*PROBLEM TO WORK ON:* In the entries below, find the line with "impl From<AllocError> for" and print exactly every line from there up to and including the line with "return Err(LimitError::Past(PathLimit::Bytes));", with no other lines.

*DATASET EXTRACT:*
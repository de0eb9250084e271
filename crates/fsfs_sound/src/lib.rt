//! Sound revisions: the rules of what a revision wrote itself, and that they are right both ways. Where each revision keeps them,
//! the bytes and the property files of all revisions show a history; where something is wrong with a revision, they show none.
//!
//! These are definitions, in `specs`, and laws about them; the functions that check by them stand in the crate above.
#![tactic(auto)]

mod laws;

pub use laws::{histories_have_no_damage, parts_are_not_ahead, sound_revisions_show_a_history};
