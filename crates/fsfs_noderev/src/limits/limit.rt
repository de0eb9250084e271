//! The limits of a path.
ghost use Rattle.std.specs.Prelude.{◌≡◌, true, false, map, OnOk, IfErr};
ghost use Rattle.std.specs.List.{AllByRecursion};
ghost use Rattle.std.specs.String.{string_bytes};
ghost use Rattle.fsfs_base.specs.PathTexts.{IsName, IsPath};
ghost use Rattle.fsfs_noderev.specs.Limits.{IsPast, IfPast};

use fsfs_base::{FsPath, is_name};
use std::alloc::{AllocError, AllocFailed, Global};
use thiserror::Error;

const MAX_PATH: usize = 4096;

const MAX_NAMES: usize = 128;

/// The limit that a path is past.
#[derive(Clone, Copy, Debug)]
pub enum PathLimit {
    /// It has more than 128 names.
    Names,
    /// Its text has more than 4,096 bytes.
    Bytes,
    /// One of its names is none: it is empty, `.` or `..`, or it has more than 255 bytes, a `/` or a control character.
    Name,
}

/// A path was not found to be within its limits.
#[derive(Clone, Copy, Debug, Error)]
pub enum LimitError {
    #[error("out of memory")]
    OutOfMemory,
    #[error("a path is past its limits")]
    Past(PathLimit),
}

impl From<AllocError> for LimitError {
    ghost use Rattle.std.specs.Prelude.{◌≡◌};
    ghost use Rattle.fsfs_noderev.specs.declared.limits.limit.LimitError.TheVariants.{OutOfMemory};

    ghost from_gives = { λ _ e. e ≡ OutOfMemory };

    fn from(_error: AllocError) -> LimitError {
        LimitError::OutOfMemory
    }
}

impl<T: Drop> From<AllocFailed<T>> for LimitError {
    ghost use Rattle.std.specs.Prelude.{◌≡◌};
    ghost use Rattle.fsfs_noderev.specs.declared.limits.limit.LimitError.TheVariants.{OutOfMemory};

    ghost from_gives = { λ _ e. e ≡ OutOfMemory };

    fn from(_error: AllocFailed<T>) -> LimitError {
        LimitError::OutOfMemory
    }
}

fn are_names(names: &[String]) -> bool
    ensures all { result ≡ true → AllByRecursion IsName (map string_bytes names.now) }
    ensures not_all { result ≡ false → ¬ AllByRecursion IsName (map string_bytes names.now) }
{
    match names {
        [] => true,
        [name, rest @ ..] => is_name(name.as_str()) && are_names(rest),
    }
}

/// Whether a path is within its limits: at most 128 names, each of them one that a path may have, and 4,096 bytes.
pub fn check_path(alloc: Global, path: &FsPath) -> Result<(), LimitError>
    ensures within { OnOk result (IsPath path.now) }
    ensures past { IfErr result (IfPast (λ limit. IsPast limit path.now)) }
{
    if path.depth() > MAX_NAMES {
        return Err(LimitError::Past(PathLimit::Names));
    }
    if !are_names(path.names()) {
        return Err(LimitError::Past(PathLimit::Name));
    }
    let text = path.text(alloc)?;
    if text.len() > MAX_PATH {
        return Err(LimitError::Past(PathLimit::Bytes));
    }
    Ok(())
}
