//! What operators make of the values of their operands.
ghost use Rattle.std.specs.Prelude.{◌≡◌, ◌↔◌, IfOk, IsTrue};
ghost use Rattle.std.specs.Cow.{cow_value};
ghost use Rattle.expr_operators.specs.Operators.{number_or_fault, computed, negative, at_scale};
ghost use Rattle.expr_operators.specs.Operators.{extracted, part_of, product, arithmetic, holds};
ghost use Rattle.expr_operators.specs.Operators.{compared, between, liked, null_test, truth_of, mark_of};
ghost use Rattle.expr_operators.specs.Operators.{truth_of_mark};

use crate::operator::{Arithmetic, Comparison, DatePart};
use base_decimal::{NumberFault, Scale, add, compare, mul, quotient, rescale, sub};
use base_text::{Text, like, substring};
use base_value::{Fault, Standing, Truth, Value};
use std::alloc::AllocError;
use std::borrow::Cow;
use std::cmp::Ordering;

// A coefficient of that scale, or the fault, as a value.
fn number_or_fault(scale: Scale, coefficient: Result<i128, NumberFault>) -> Value
    ensures { result ≡ number_or_fault scale coefficient }
{
    match coefficient {
        Ok(coefficient) => Value::Number(scale, coefficient),
        Err(NumberFault::NumberRange) => Value::Fault(Fault::NumberRange),
        Err(NumberFault::DivideByZero) => Value::Fault(Fault::DivideByZero),
    }
}

fn product(s: Scale, a: i128, t: Scale, b: i128) -> Value
    ensures { result ≡ product s a t b }
{
    let places = s.places() + t.places();
    if places <= 18 {
        number_or_fault(Scale::new(places), mul(a, s, b, t))
    } else {
        Value::Null
    }
}

fn arithmetic(operator: Arithmetic, s: Scale, a: i128, t: Scale, b: i128) -> Value
    ensures { result ≡ arithmetic operator s a t b }
{
    match operator {
        Arithmetic::Add => number_or_fault(s.larger(t), add(a, s, b, t)),
        Arithmetic::Subtract => number_or_fault(s.larger(t), sub(a, s, b, t)),
        Arithmetic::Multiply => product(s, a, t, b),
        Arithmetic::Divide => number_or_fault(s.larger(Scale::new(6)), quotient(a, s, b, t)),
    }
}

/// An operator of arithmetic at two values.
pub fn computed(operator: Arithmetic, x: &Value, y: &Value) -> Value
    ensures { result ≡ computed operator x.now y.now }
{
    match (x, y) {
        (Value::Null, _) | (_, Value::Null) => Value::Null,
        (Value::Fault(a), Value::Fault(b)) => Value::Fault((*a).min(*b)),
        (Value::Fault(a), _) | (_, Value::Fault(a)) => Value::Fault(*a),
        (Value::Number(s, a), Value::Number(t, b)) => arithmetic(operator, *s, *a, *t, *b),
        _ => Value::Null,
    }
}

/// Minus at a value.
pub fn negative(x: &Value) -> Value
    ensures { result ≡ negative x.now }
{
    match x {
        Value::Fault(fault) => Value::Fault(*fault),
        Value::Number(scale, c) => {
            number_or_fault(*scale, c.checked_neg().ok_or(NumberFault::NumberRange))
        }
        _ => Value::Null,
    }
}

/// A value as CASE gives it: a number is rescaled to its scale.
pub fn at_scale<'a>(scale: Scale, x: Cow<'a, Value>) -> Cow<'a, Value>
    ensures { cow_value result ≡ at_scale scale (cow_value x.entry) }
{
    match &*x {
        Value::Number(from, c) => {
            if *from <= scale {
                Cow::Owned(number_or_fault(scale, rescale(*c, *from, scale)))
            } else {
                Cow::Owned(Value::Null)
            }
        }
        _ => x,
    }
}

/// A part of a date.
pub fn extracted(part: DatePart, x: &Value) -> Value
    ensures { result ≡ extracted part x.now }
{
    match x {
        Value::Fault(fault) => Value::Fault(*fault),
        Value::Date(date) => {
            let number = match part {
                DatePart::Year => date.year(),
                DatePart::Month => date.month(),
                DatePart::Day => date.day(),
            };
            Value::Number(Scale::WHOLE, i128::from(number))
        }
        _ => Value::Null,
    }
}

/// The bytes of places `from` to `from + count - 1` of a text.
pub fn part_of(x: &Value, from: u32, count: u32) -> Result<Value, AllocError>
    ensures { IfOk result (λ v. v ≡ part_of from count x.now) }
{
    match x {
        Value::Fault(fault) => Ok(Value::Fault(*fault)),
        Value::Text(text) => {
            let part = substring(text, from, count)?;
            Ok(Value::Text(part))
        }
        _ => Ok(Value::Null),
    }
}

/// True where a test passes, else False.
pub fn truth_of(is_true: bool) -> Truth
    ensures { result ≡ truth_of is_true }
{
    if is_true {
        Truth::Stands(Standing::AtTrue)
    } else {
        Truth::False
    }
}

/// Whether a truth is the least of all.
pub fn is_false(truth: Truth) -> bool
    ensures { IsTrue result ↔ (truth ≡ Truth.False) }
{
    matches!(truth, Truth::False)
}

/// Whether a truth is the greatest of all.
pub fn is_true(truth: Truth) -> bool
    ensures { IsTrue result ↔ (truth ≡ Truth.Stands Standing.AtTrue) }
{
    matches!(truth, Truth::Stands(Standing::AtTrue))
}

/// A fault as a truth.
pub fn fault_truth(fault: Fault) -> Truth
    ensures { result ≡ Truth.Stands (Standing.AtFault fault) }
{
    Truth::Stands(Standing::AtFault(fault))
}

/// The truth of a comparison of two values in this order.
pub fn holds(comparison: Comparison, order: Ordering) -> Truth
    ensures { result ≡ truth_of (holds comparison order) }
{
    truth_of(match comparison {
        Comparison::Equal => order.is_eq(),
        Comparison::NotEqual => order.is_ne(),
        Comparison::Less => order.is_lt(),
        Comparison::LessOrEqual => order.is_le(),
        Comparison::Greater => order.is_gt(),
        Comparison::GreaterOrEqual => order.is_ge(),
    })
}

/// A comparison of two values.
pub fn compared(comparison: Comparison, x: &Value, y: &Value) -> Truth
    ensures { result ≡ compared comparison x.now y.now }
{
    match (x, y) {
        (Value::Null, _) | (_, Value::Null) => Truth::Unknown,
        (Value::Fault(a), Value::Fault(b)) => fault_truth((*a).min(*b)),
        (Value::Fault(a), _) | (_, Value::Fault(a)) => fault_truth(*a),
        (Value::Number(s, a), Value::Number(t, b)) => holds(comparison, compare(*a, *s, *b, *t)),
        (Value::Text(a), Value::Text(b)) => holds(comparison, a.cmp(b)),
        (Value::Date(a), Value::Date(b)) => holds(comparison, a.cmp(b)),
        _ => Truth::Unknown,
    }
}

/// Whether a value is no less than the least that it may be, and no greater than the greatest.
pub fn between(x: &Value, least: &Value, greatest: &Value) -> Truth
    ensures { result ≡ between x.now least.now greatest.now }
{
    let above = compared(Comparison::GreaterOrEqual, x, least);
    above.and(compared(Comparison::LessOrEqual, x, greatest))
}

/// LIKE.
pub fn liked(x: &Value, pattern: &Text) -> Truth
    ensures { result ≡ liked pattern.now x.now }
{
    match x {
        Value::Fault(fault) => fault_truth(*fault),
        Value::Text(text) => truth_of(like(text, pattern)),
        _ => Truth::Unknown,
    }
}

/// IS NULL.
pub fn null_test(x: &Value) -> Truth
    ensures { result ≡ null_test x.now }
{
    match x {
        Value::Null => Truth::Stands(Standing::AtTrue),
        Value::Fault(fault) => fault_truth(*fault),
        _ => Truth::False,
    }
}

/// The truth that a mark stands for.
pub fn truth_of_mark(x: &Value) -> Truth
    ensures { result ≡ truth_of_mark x.now }
{
    match x {
        Value::Fault(fault) => fault_truth(*fault),
        Value::Number(_, c) => truth_of(*c != 0),
        _ => Truth::Unknown,
    }
}

/// A truth as a mark: 1 for True, 0 for False, null for Unknown, and a fault as a value.
pub fn mark_of(truth: Truth) -> Value
    ensures { result ≡ mark_of truth }
{
    match truth {
        Truth::False => Value::Number(Scale::WHOLE, 0),
        Truth::Unknown => Value::Null,
        Truth::Stands(Standing::AtFault(fault)) => Value::Fault(fault),
        Truth::Stands(Standing::AtTrue) => Value::Number(Scale::WHOLE, 1),
    }
}
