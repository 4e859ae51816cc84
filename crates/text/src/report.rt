// What a trace has counted, and its three lines of text.
ghost use Rattle.text.specs.Text.{Writes};

use crate::put::put_line;

// The bytes of the longest report.
pub const ROOM: usize = 73;

// How many bytes were looked at, and the position and the doubles that they came to.
#[derive(Clone, Copy)]
pub struct Report {
    pub samples: u64,
    pub position: i64,
    pub doubles: u16,
}

impl Report {
    // The three lines at the front of a buffer; answers how many bytes they are.
    #[tactic(auto, using(crate::proofs::TextLaws::lines_fit))]
    pub fn write(self, out: &mut [u8; ROOM]) -> usize
        ensures { Writes self out.old out.new result }
    {
        let position_at = put_line(out, 0, b"samples ", self.samples);
        let doubles_at = put_line(out, position_at, b"position ", self.position);
        put_line(out, doubles_at, b"doubles ", self.doubles)
    }
}
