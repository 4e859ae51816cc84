// Speed by period.
#![tactic(auto)]

ghost use Rattle.std.specs.Prelude.{◌≡◌, max};
ghost use Rattle.row_speed.specs.Speed.{sign_of, speed_of, speed_row};

use axis::row::{Pace, Row};
use refusal::Refusal;
use row_calls::in_use::sampled;
use speed::Quotient;

// One count, with the sign of a direction.
fn sign(direction: u8) -> i64
    ensures { result ≡ sign_of direction }
{
    if direction == 2 { -1 } else { 1 }
}

// The larger of period and age.
fn larger(period: u32, age: u32) -> u64
    ensures { result ≡ max period age }
{
    u64::from(period.max(age))
}

// The speed of a pace: VALUE, then NO PERIOD.
fn by_period(p: Pace, rate: u64) -> Result<Quotient, Refusal>
    ensures { result ≡ speed_of rate p }
{
    if !speed::is_rate(rate) {
        return Err(Refusal::Value);
    }
    if p.period == 0 {
        return Err(Refusal::NoPeriod);
    }
    speed::by_count(sign(p.direction), larger(p.period, p.age), rate)
}

// Speed by period, at a rate in samples a second.
pub fn speed(r: Row, rate: u64) -> Result<Quotient, Refusal>
    ensures { result ≡ speed_row rate r }
{
    by_period(sampled(r)?.axis.pace, rate)
}
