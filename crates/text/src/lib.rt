// Text in a lent buffer, and the three lines of a report.
#![tactic(auto)]

pub mod put; // put.rt: a line of a label and a number, and how far a number is from 0
pub mod report; // report.rt: what a trace has counted, and its three lines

*EXERCISE ANSWER:*
impl From<AllocError> for LimitError {
    ghost use Rattle.std.specs.Prelude.{◌≡◌};
    ghost use Rattle.fsfs_noderev.specs.declared.limits.limit.LimitError.TheVariants.{OutOfMemory};

    ghost from_gives = { λ _ e. e ≡ OutOfMemory };

    fn from(_error: AllocError) -> LimitError {
        LimitError::OutOfMemory
    }
}

impl<T: Drop> From<AllocFailed<T>> for LimitError {
    ghost use Rattle.std.specs.Prelude.{◌≡◌};
    ghost use Rattle.fsfs_noderev.specs.declared.limits.limit.LimitError.TheVariants.{OutOfMemory};

    ghost from_gives = { λ _ e. e ≡ OutOfMemory };

    fn from(_error: AllocFailed<T>) -> LimitError {
        LimitError::OutOfMemory
    }
}

fn are_names(names: &[String]) -> bool
    ensures all { result ≡ true → AllByRecursion IsName (map string_bytes names.now) }
    ensures not_all { result ≡ false → ¬ AllByRecursion IsName (map string_bytes names.now) }
{
    match names {
        [] => true,
        [name, rest @ ..] => is_name(name.as_str()) && are_names(rest),
    }
}

/// Whether a path is within its limits: at most 128 names, each of them one that a path may have, and 4,096 bytes.
pub fn check_path(alloc: Global, path: &FsPath) -> Result<(), LimitError>
    ensures within { OnOk result (IsPath path.now) }
    ensures past { IfErr result (IfPast (λ limit. IsPast limit path.now)) }
{
    if path.depth() > MAX_NAMES {
        return Err(LimitError::Past(PathLimit::Names));
    }
    if !are_names(path.names()) {
        return Err(LimitError::Past(PathLimit::Name));
    }
    let text = path.text(alloc)?;
    if text.len() > MAX_PATH {
        return Err(LimitError::Past(PathLimit::Bytes));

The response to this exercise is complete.